# Home Furance Cleaning-Best Home Furnace Brand



## westcanadian01 (Jul 16, 2011)

Among all the existing home furnace brand, which do you think is the best? Why do you say so? 
BTW, I raise this question because a friend Kay wants to have a brand new home furnace and aside from considering the price she is also considering the best brand of home furnace. I already give her a suggestion to have a home furnace that is fitted to the size of her home to ensure the proper ventilation and circulation of airflow. I know all of you can help me and my friend to choose which is the best for her home. Thanks in advance

www.westcan4u.com


----------



## rosemarie (Dec 24, 2012)

In my opinion for a gas fired furnace there is no "best brand". The best furnace is the one properly sized for your house & installed by the best installer around.

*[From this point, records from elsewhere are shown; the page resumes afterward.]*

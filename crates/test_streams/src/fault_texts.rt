//! Tests of the texts of refusals, positions and counts of skipped messages, and of the calls that make them.

use capn_canon::Refusal;
use capn_pack::UnpackFault;
use capn_serve::{
    Line, Position, RunFault, ServeFault, SkipFault, Skipped, SkippedSoFar, fault_of_stop,
    number_of, one_more, say_place, say_refusal, say_skipped, skip_fault_after, skip_outcome,
    skipped_of,
};
use capn_stream::FrameFault;
use capn_walk::{Fault, Stopped};
use capn_words::{BareFault, Place, Watched};
use std::alloc::Global;
use std::process::Abort;

/// The first position of a stream, and the last that a run can have.
const FIRST: Position = Position {
    index: 0,
    offset: 0,
};

const LAST: Position = Position {
    index: u64::MAX,
    offset: u64::MAX,
};

/// The stop of a walk for which no memory was left, at word 7 of segment 3.
const NO_MEMORY: Stopped = Stopped {
    fault: Fault::Memory,
    place: Place {
        segment: 3,
        word: 7,
    },
    paid: 5,
    visits: 2,
};

/// Returns the stop at the same place with `fault`.
fn stop(fault: Fault) -> Stopped {
    Stopped { fault, ..NO_MEMORY }
}

/// The number of a message counts from 1, and so does not fit into 64 bits after 2^64 - 1 messages.
#[test]
fn numbers_of_messages(rt: HostRuntime) {
    assert!(rt; number_of(0) == 1);
    assert!(rt; number_of(41) == 42);
    assert!(rt; number_of(u64::MAX) == 18_446_744_073_709_551_616);
}

/// Only a refused allocation is a lack of memory. Every other stop refuses the message, with the stop unchanged.
#[test]
fn faults_of_stops(rt: HostRuntime) {
    assert!(rt; fault_of_stop(NO_MEMORY) == ServeFault::Memory);
    for (fault, _text) in FAULTS {
        let stopped = stop(fault);
        assert!(rt; fault_of_stop(stopped) == ServeFault::Refused(Refusal::Walk(stopped)));
    }
}

/// Returns the text that `say_place` writes for `at`, after the text `at `.
fn placed(alloc: Global, at: Position) -> Vec<u8> {
    let mut line = Line::new();
    let mut errors = Watched::new(Vec::new(alloc));
    line.put(b"at ", &mut errors);
    say_place(&at, &mut line, &mut errors);
    line.send(&mut errors);
    errors.into_inner()
}

#[test]
fn texts_of_positions(rt: HostRuntime) {
    assert!(rt; placed(rt.alloc(), FIRST).as_slice() == b"at 1 at 0".as_slice());
    let later = Position {
        index: 9,
        offset: 80,
    };
    assert!(rt; placed(rt.alloc(), later).as_slice() == b"at 10 at 80".as_slice());
    let last = b"at 18446744073709551616 at 18446744073709551615";
    assert!(rt; placed(rt.alloc(), LAST).as_slice() == last.as_slice());
}

/// Returns the text that `say_refusal` writes for `refusal`.
fn refused(alloc: Global, refusal: Refusal) -> Vec<u8> {
    let mut line = Line::new();
    let mut errors = Watched::new(Vec::new(alloc));
    say_refusal(&refusal, &mut line, &mut errors);
    line.send(&mut errors);
    errors.into_inner()
}

/// The faults of a walk other than `Memory`, and the text of a stop with each.
const FAULTS: [(Fault, &str); 11] = [
    (Fault::NoRoot, "NoRoot at 3:7, paid 5, visits 2"),
    (Fault::RootKind, "RootKind at 3:7, paid 5, visits 2"),
    (Fault::Reserved, "Reserved at 3:7, paid 5, visits 2"),
    (Fault::NoSegment, "NoSegment at 3:7, paid 5, visits 2"),
    (Fault::PadRange, "PadRange at 3:7, paid 5, visits 2"),
    (Fault::BadPad, "BadPad at 3:7, paid 5, visits 2"),
    (Fault::Range, "Range at 3:7, paid 5, visits 2"),
    (Fault::BadTag, "BadTag at 3:7, paid 5, visits 2"),
    (Fault::TagOverrun, "TagOverrun at 3:7, paid 5, visits 2"),
    (Fault::TooDeep, "TooDeep at 3:7, paid 5, visits 2"),
    (Fault::OverBudget, "OverBudget at 3:7, paid 5, visits 2"),
];

/// The refusals that do not come from a walk, and the text of each.
const REFUSALS: [(Refusal, &str); 16] = [
    (Refusal::Bare(BareFault::NotWhole(3)), "bare: NotWhole(3)"),
    (Refusal::Bare(BareFault::TooLong(9)), "bare: TooLong(9)"),
    (
        Refusal::Packed(UnpackFault::Memory),
        "packed: out of memory",
    ),
    (
        Refusal::Packed(UnpackFault::Cut { at: 6 }),
        "packed: Cut at 6",
    ),
    (
        Refusal::Packed(UnpackFault::TooLong { at: 8 }),
        "packed: TooLong at 8",
    ),
    (Refusal::Packed(UnpackFault::Failed), "packed: Failed"),
    (Refusal::Frame(FrameFault::Memory), "frame: out of memory"),
    (Refusal::Frame(FrameFault::Empty), "frame: Empty"),
    (
        Refusal::Frame(FrameFault::TooManySegments(513)),
        "frame: TooManySegments(513)",
    ),
    (
        Refusal::Frame(FrameFault::TooManyWords(0)),
        "frame: TooManyWords(0)",
    ),
    (Refusal::Frame(FrameFault::Cut), "frame: Cut"),
    (Refusal::Frame(FrameFault::Failed), "frame: Failed"),
    (
        Refusal::Trailing(u64::MAX),
        "trailing bytes at 18446744073709551615",
    ),
    (Refusal::Capability(u32::MAX), "capability 4294967295"),
    (Refusal::Walk(NO_MEMORY), "Memory at 3:7, paid 5, visits 2"),
    (Refusal::Memory, "out of memory"),
];

#[test]
fn texts_of_refusals(rt: HostRuntime) {
    for (fault, text) in FAULTS {
        let told = refused(rt.alloc(), Refusal::Walk(stop(fault)));
        assert!(rt; told.as_slice() == text.as_bytes());
    }
    for (refusal, text) in REFUSALS {
        let told = refused(rt.alloc(), refusal);
        assert!(rt; told.as_slice() == text.as_bytes());
    }
}

/// The first skipped message keeps its position, and the count stops at 2^64 - 1.
#[test]
fn counts_of_skipped_messages(rt: HostRuntime) {
    let one = SkippedSoFar {
        count: 1,
        first: FIRST,
    };
    assert!(rt; one_more(None, FIRST) == one);
    assert!(rt; one_more(Some(one), LAST) == SkippedSoFar { count: 2, ..one });
    let most = SkippedSoFar {
        count: u64::MAX,
        ..one
    };
    assert!(rt; one_more(Some(most), LAST) == most);
    let told = Skipped {
        refused: u64::MAX,
        messages: 7,
        first: FIRST,
    };
    assert!(rt; skipped_of(most, 7) == told);
    assert!(rt;
        skipped_of(one, 0)
            == Skipped {
                refused: 1,
                messages: 0,
                first: FIRST
            }
    );
}

/// The count of the skipped messages comes with a refused frame, and with the end of the input. A message that ends the
/// run is reported alone.
#[test]
fn faults_of_runs_that_skip(rt: HostRuntime) {
    let one = SkippedSoFar {
        count: 1,
        first: FIRST,
    };
    let told = skipped_of(one, 7);
    assert!(rt; skip_outcome(None, 7) == Ok(()));
    assert!(rt; skip_outcome(Some(one), 7) == Err(SkipFault::Skipped(told)));
    let cut = Refusal::Frame(FrameFault::Cut);
    let fault = RunFault::Refused(LAST, cut);
    assert!(rt; skip_fault_after(None, 7, fault) == SkipFault::Ended(fault));
    let after = SkipFault::RefusedAfterSkipped(told, LAST, cut);
    assert!(rt; skip_fault_after(Some(one), 7, fault) == after);
    for alone in [
        RunFault::Memory,
        RunFault::Io,
        RunFault::InputTooLong,
        RunFault::Refused(LAST, Refusal::Capability(2)),
    ] {
        assert!(rt; skip_fault_after(Some(one), 7, alone) == SkipFault::Ended(alone));
    }
}

/// Returns the text that `say_skipped` writes for `skipped`.
fn skipped_text(alloc: Global, skipped: Skipped) -> Vec<u8> {
    let mut line = Line::new();
    let mut errors = Watched::new(Vec::new(alloc));
    say_skipped(&skipped, &mut line, &mut errors);
    line.send(&mut errors);
    errors.into_inner()
}

#[test]
fn texts_of_skipped_messages(rt: HostRuntime) {
    let some = Skipped {
        refused: 2,
        messages: 5,
        first: Position {
            index: 1,
            offset: 16,
        },
    };
    let text = b"2 of 5 messages refused, the first is 2 at 16";
    assert!(rt; skipped_text(rt.alloc(), some).as_slice() == text.as_slice());
}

I've said this at least a thousand times & I'll say it again:
I'd rather have the "cheapest" equipment installed by the best installer than the "best" equipment installed poorly.


----------



## Residentialtech (Jul 30, 2012)

Have


----------



## beenthere (May 30, 2009)

No best brand. Its the install that counts, not brand.


----------



## jps519 (Feb 12, 2013)

rosemarie said:


> In my opinion for a gas fired furnace there is no "best brand". The best furnace is the one properly sized for your house & installed by the best installer around. I've said this at least a thousand times & I'll say it again:
> I'd rather have the "cheapest" equipment installed by the best installer than the "best" equipment installed poorly.



X2
I feel the same way. I get alot of service calls from other company poor installs.


----------